Attack Detection using Time Series Foundation Models

Problem
The paper addresses the critical gap in attack detection for cyber-physical systems (CPS) where the plant model or its structure is unknown. This is particularly relevant in scenarios where sensor data is transmitted over potentially compromised networks. The authors focus on two types of attacks: model-free replay attacks and model-based stealthy attacks. Notably, this work is a preprint and has not undergone peer review, which may affect the reliability of the findings.

Method
The authors propose a model-structure-free detector leveraging TimesFM, a time-series foundation model developed by Google Research. This model operates as a surrogate residual generator in a zero-shot manner, meaning it does not require prior training on the specific system being monitored. The paper derives closed-form expressions for the optimal stealthy attack policy against a $χ^2$ detector, applicable to both linear and nonlinear systems. The training process for TimesFM is not explicitly detailed, but it is implied that the model utilizes extensive pre-trained time-series data to generalize effectively to new scenarios.

Results
Empirical evaluations demonstrate that the TimesFM-based detector achieves comparable or superior performance in attack detection when tested on the IEEE 14-bus power system benchmark.

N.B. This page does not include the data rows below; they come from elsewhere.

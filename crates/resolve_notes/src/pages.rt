// What a person reads of the pages of a round.

use crate::configurations::{Known, fetch_at, wanted_at};
use crate::reading::belongs;
use chain_check::{Reason, Verdict};
use chain_notes::{Asked, NamedKey, explain_verdict};
use entity_statement::{SignedStatement, Statement};
use fed_base::{Duplicate, Seq, Text};
use fed_ports::Page;
use plain_notes::{Notes, Sentence};
use resolve_round::{Ask, Got, Search, Trace, checked};
use std::alloc::Global;

// A round with its call's trace, and the configurations that it got.
#[derive(Clone, Copy, Drop)]
pub(crate) struct Round<'a> {
    pub(crate) trace: &'a Trace,
    pub(crate) search: &'a Search,
    pub(crate) configurations: &'a [Known],
}

// Says of each page of the round why it isn't good.
pub(crate) fn explain_pages(alloc: Global, round: &Round<'_>, notes: &mut Notes) {
    for (at, ask) in round.search.asks.as_slice().iter().enumerate() {
        match &ask.got {
            Got::Fault => notes.say(about(alloc, ask).and(b" couldn't be fetched")),
            Got::Fetched(Page::NoRoute) => explain_no_route(alloc, round, at, ask, notes),
            Got::Fetched(page) => explain_page(alloc, round, ask, page, notes),
            Got::Hit(_) => {},
        }
    }
}

// Says that the host of a URL has no route, once for each host.
fn explain_no_route(alloc: Global, round: &Round<'_>, at: usize, ask: &Ask, notes: &mut Notes) {
    let host = host_of(ask.url.as_slice());
    let earlier = round
        .search
        .asks
        .as_slice()
        .iter()
        .take(at)
        .any(|other| is_unrouted(other, host));
    if !earlier {
        notes.say(
            Sentence::of(alloc, b"there is no route to ")
                .and(host)
                .and(b"; add one to resolver.routes"),
        );
    }
}

fn is_unrouted(ask: &Ask, host: &[u8]) -> bool {
    matches!(ask.got, Got::Fetched(Page::NoRoute)) && host_of(ask.url.as_slice()) == host
}

// The host of a URL, without its port.
fn host_of(url: &[u8]) -> &[u8] {
    let rest = match url.strip_prefix(b"https://") {
        Some(rest) => rest,
        None => url.strip_prefix(b"http://").unwrap_or(url),
    };
    let ends = |byte: &u8| *byte == b'/' || *byte == b':' || *byte == b'?';
    match rest.iter().position(ends) {
        Some(end) => &rest[..end],
        None => rest,
    }
}

// The beginning of a sentence about a page.
fn about(alloc: Global, ask: &Ask) -> Sentence {
    Sentence::of(alloc, ask.url.as_slice())
}

fn explain_page(alloc: Global, round: &Round<'_>, ask: &Ask, page: &Page, notes: &mut Notes) {
    match page {
        Page::Document(text) => explain_document(alloc, round, ask, text, notes),
        Page::Refusal(status) => notes.say(refusal_sentence(alloc, round, ask, *status)),
        Page::Garbled => notes.say(about(alloc, ask).and(b" isn't answered as HTTP is")),
        Page::TooLong => notes.say(about(alloc, ask).and(b" has more than 262,144 bytes")),
        Page::NoRoute => {},
    }
}

// What a status says: of a statement's endpoint 404 says that the entity isn't one of its subordinates.
fn refusal_sentence(alloc: Global, round: &Round<'_>, ask: &Ask, status: u16) -> Sentence {
    match fetch_at(alloc, round.configurations, ask.url.as_slice()) {
        Some(fetch) if status == 404 => Sentence::of(alloc, fetch.superior.text())
            .and(b" doesn't state ")
            .and(fetch.subject.text())
            .and(b" (404): it isn't its subordinate"),
        _ => about(alloc, ask)
            .and(b" is answered with status ")
            .and_number(alloc, u64::from(status)),
    }
}

// A statement that a URL gave.
fn explain_statement(
    alloc: Global,
    round: &Round<'_>,
    ask: &Ask,
    signed: &SignedStatement,
    notes: &mut Notes,
) {
    let statement = &signed.statement;
    if statement.iss == statement.sub {
        explain_own(alloc, round, ask, signed, notes);
    } else if !belongs(alloc, round.search, ask, statement) {
        notes.say(other_sentence(alloc, ask, statement));
    }
}

// A text that isn't the one that is wanted there.
fn other_sentence(alloc: Global, ask: &Ask, statement: &Statement) -> Sentence {
    about(alloc, ask)
        .and(b" has another text, by ")
        .and(statement.iss.text())
        .and(b" about ")
        .and(statement.sub.text())
}

// A configuration that a URL gave: the one that was wanted there, or another's.
fn explain_own(
    alloc: Global,
    round: &Round<'_>,
    ask: &Ask,
    signed: &SignedStatement,
    notes: &mut Notes,
) {
    let there = &signed.statement.iss;
    let wanted = wanted_at(
        alloc,
        &round.search.leaf,
        round.configurations,
        ask.url.as_slice(),
        there,
    );
    match wanted {
        Some(wanted) if wanted.entity == there => {
            explain_configuration(alloc, round, ask, signed, notes);
        }
        Some(wanted) => notes.say(wanted.after(
            about(alloc, ask)
                .and(b" is the configuration of ")
                .and(there.text())
                .and(b"; "),
            there,
        )),
        None => notes.say(other_sentence(alloc, ask, &signed.statement)),
    }
}

// Says why the text that stands at a URL isn't the one that is wanted there.
fn explain_document(alloc: Global, round: &Round<'_>, ask: &Ask, text: &Text, notes: &mut Notes) {
    match SignedStatement::read(alloc, text.as_slice()) {
        Ok(None) => explain_text(alloc, round, ask, text, notes),
        Ok(Some(signed)) => {
            explain_statement(alloc, round, ask, &signed, notes);
            drop(signed);
        }
        Err(_) => {},
    }
}

// Says why the text is no statement.
fn explain_text(alloc: Global, round: &Round<'_>, ask: &Ask, text: &Text, notes: &mut Notes) {
    let Some(chain) = alone(alloc, text) else {
        return;
    };
    let verdict = Verdict::Refused {
        place: 0,
        reason: Reason::Form,
    };
    let asked = Asked {
        anchor: &round.search.leaf,
        keys: &round.trace.keys,
        moment: round.trace.moment,
    };
    notes.say(about(alloc, ask).and(b" has no entity statement:"));
    explain_verdict(alloc, &chain, &asked, &verdict, notes);
}

// A chain of one text.
fn alone(alloc: Global, text: &Text) -> Option<Seq<Text>> {
    let mut chain = Seq::new(alloc);
    let text = text.copy(alloc).ok()?;
    chain.push(text).ok()?;
    Some(chain)
}

// Says why a configuration isn't good. Of a statement about another nothing more is wanted before its chain is judged.
fn explain_configuration(
    alloc: Global,
    round: &Round<'_>,
    ask: &Ask,
    signed: &SignedStatement,
    notes: &mut Notes,
) {
    let statement = &signed.statement;
    let moment = round.trace.moment;
    if statement.exp <= moment {
        notes.say(
            about(alloc, ask)
                .and(b" expired at ")
                .and_moment(alloc, statement.exp),
        );
    } else if !statement.is_current(moment) {
        notes.say(
            about(alloc, ask)
                .and(b" is issued at ")
                .and_moment(alloc, statement.iat)
                .and(b", more than a minute after ")
                .and_moment(alloc, moment),
        );
    } else {
        explain_seal(alloc, round.trace, ask, signed, notes);
        explain_endpoint(alloc, round.search, ask, statement, notes);
    }
}

// Says where a superior names no endpoint for its statements.
fn explain_endpoint(
    alloc: Global,
    search: &Search,
    ask: &Ask,
    statement: &Statement,
    notes: &mut Notes,
) {
    if statement.iss != search.leaf && statement.fetch_endpoint().is_none() {
        notes.say(about(alloc, ask).and(
            b" names no federation_fetch_endpoint, where statements are asked for",
        ));
    }
}

// Says why a configuration isn't sealed by a key of its own.
fn explain_seal(
    alloc: Global,
    trace: &Trace,
    ask: &Ask,
    signed: &SignedStatement,
    notes: &mut Notes,
) {
    let about = about(alloc, ask);
    let own = &signed.statement.jwks;
    let Some(named) = NamedKey::of(&signed.compact) else {
        notes.say(about.and(b" has no kid in its header, the name of the key that signed"));
        return;
    };
    match named.key_in(own) {
        None => notes.say(named.with_other(
            named
                .after(about.and(b" is signed by the "))
                .and(b", which isn't in its own jwks"),
            own,
            b"",
        )),
        Some(public) => {
            let text = signed.compact.whole.as_slice();
            if checked(trace.checks.as_slice(), text, &public) == Some(false) {
                notes.say(named.after(about.and(b": the signature doesn't verify under its own ")));
            }
        }
    }
}
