// What a person reads where an entity wasn't resolved.

use crate::configurations::configurations_of;
use crate::pages::{Round, explain_pages};
use crate::path::explain_path;
use chain_climb::Bounds;
use fed_base::OpensLedgers;
use fed_ports::Page;
use fed_resolver::{Outcome, Refusal, ResolveRequest};
use plain_notes::{Notes, Sentence, explain_memory, explain_worn};
use resolve_round::{Got, Search, Trace};
use std::alloc::Global;

/// Says why there is no reply: first the answer in words, then each page of the last round that wasn't good, and what failed on a path up
/// to the trust anchor. Of a search that broke off, for want of memory or at a worn object, it says the answer alone.
pub fn explain_outcome<R: OpensLedgers>(
    rt: &R,
    alloc: Global,
    request: &ResolveRequest,
    outcome: &Outcome,
    notes: &mut Notes,
) {
    let Err(refusal) = &outcome.result else {
        return;
    };
    let search = outcome.trace.searches.as_slice().last();
    // Where the leaf's host has no route, that is what is said of its page.
    let unrouted = matches!(refusal, Refusal::NotFound) && search.is_some_and(begins_unrouted);
    if !unrouted {
        explain_refusal(alloc, refusal, outcome.trace.bounds, notes);
    }
    if matches!(refusal, Refusal::Worn(_) | Refusal::Memory) {
        return;
    }
    if let Some(search) = search {
        explain_search(rt, alloc, request, &outcome.trace, search, notes);
    }
}

// Whether the first page that was wanted has a host without a route.
fn begins_unrouted(search: &Search) -> bool {
    match search.asks.as_slice() {
        [first, ..] => matches!(first.got, Got::Fetched(Page::NoRoute)),
        [] => false,
    }
}

// Says of each page of the round why it isn't good, and what failed on a path.
fn explain_search<R: OpensLedgers>(
    rt: &R,
    alloc: Global,
    request: &ResolveRequest,
    trace: &Trace,
    search: &Search,
    notes: &mut Notes,
) {
    let configurations = configurations_of(alloc, search);
    let round = Round {
        trace,
        search,
        configurations: configurations.as_slice(),
    };
    explain_pages(alloc, &round, notes);
    if search.paths > 0 {
        explain_path(
            rt,
            alloc,
            request,
            trace,
            search,
            configurations.as_slice(),
            notes,
        );
    }
}

// Says how far the search came, how far it may go, and where that is set.
fn explain_budget(alloc: Global, calls: u64, paths: u64, bounds: Bounds, notes: &mut Notes) {
    let mut sentence = Sentence::of(alloc, b"the search ended at its bound: ");
    sentence = and_count(alloc, sentence, calls).and(b" pages of at most ");
    sentence = and_count(alloc, sentence, bounds.calls).and(b", ");
    sentence = and_count(alloc, sentence, paths).and(b" paths of at most ");
    sentence = and_count(alloc, sentence, bounds.paths);
    notes.say(sentence.and(b"; see depth, calls and paths of the anchor in the configuration"));
}

// The sentence with a number behind it, which has a comma before its last three digits.
fn and_count(alloc: Global, sentence: Sentence, count: u64) -> Sentence {
    if count < 1_000 {
        return sentence.and_number(alloc, count);
    }
    let rest = count % 1_000;
    sentence
        .and_number(alloc, count / 1_000)
        .and(b",")
        .and_number(alloc, rest / 100)
        .and_number(alloc, rest / 10 % 10)
        .and_number(alloc, rest % 10)
}

// Says the answer in words.
fn explain_refusal(alloc: Global, refusal: &Refusal, bounds: Bounds, notes: &mut Notes) {
    match refusal {
        Refusal::NoAnchor => notes.say(Sentence::of(
            alloc,
            b"the configuration lists no such trust anchor; see its member resolver.anchors",
        )),
        Refusal::NotFound => notes.say(Sentence::of(
            alloc,
            b"the entity's configuration isn't there, isn't current, or isn't sealed by its own keys",
        )),
        Refusal::PolicyOnly => notes.say(Sentence::of(
            alloc,
            b"a chain up to the trust anchor is valid but for its metadata policies",
        )),
        Refusal::NoChain => notes.say(Sentence::of(
            alloc,
            b"no valid chain up to the trust anchor was found",
        )),
        Refusal::Unavailable => notes.say(Sentence::of(
            alloc,
            b"no valid chain was found, and a fetch failed",
        )),
        Refusal::Budget { calls, paths } => {
            explain_budget(alloc, *calls, *paths, bounds, notes);
        },
        Refusal::Worn(_) => explain_worn(alloc, notes),
        Refusal::Memory => explain_memory(alloc, notes),
    }
}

Specific performance metrics are not disclosed in the abstract, but the authors claim that their approach outperforms traditional methods in detecting both types of attacks. The paper emphasizes the ability of TimesFM predictions to replace corrupted measurements, enhancing the robustness of the detection mechanism.

Limitations
The authors acknowledge that their approach may not generalize to all types of cyber-physical systems, particularly those with highly complex dynamics or unique operational constraints. Additionally, the reliance on a pre-trained model may introduce biases if the training data does not adequately represent the operational environment. The paper does not address the computational overhead associated with deploying TimesFM in real-time systems, which could be a significant factor in practical applications.

Why it matters
This work has significant implications for the field of cybersecurity in CPS, particularly in enhancing the resilience of systems against sophisticated attacks without requiring detailed knowledge of the system dynamics. The use of a time-series foundation model like TimesFM could pave the way for more adaptive and robust detection mechanisms in various applications, from power grids to autonomous vehicles. The findings contribute to the ongoing discourse on model-free approaches in attack detection, as discussed in related literature, and are available on arXiv.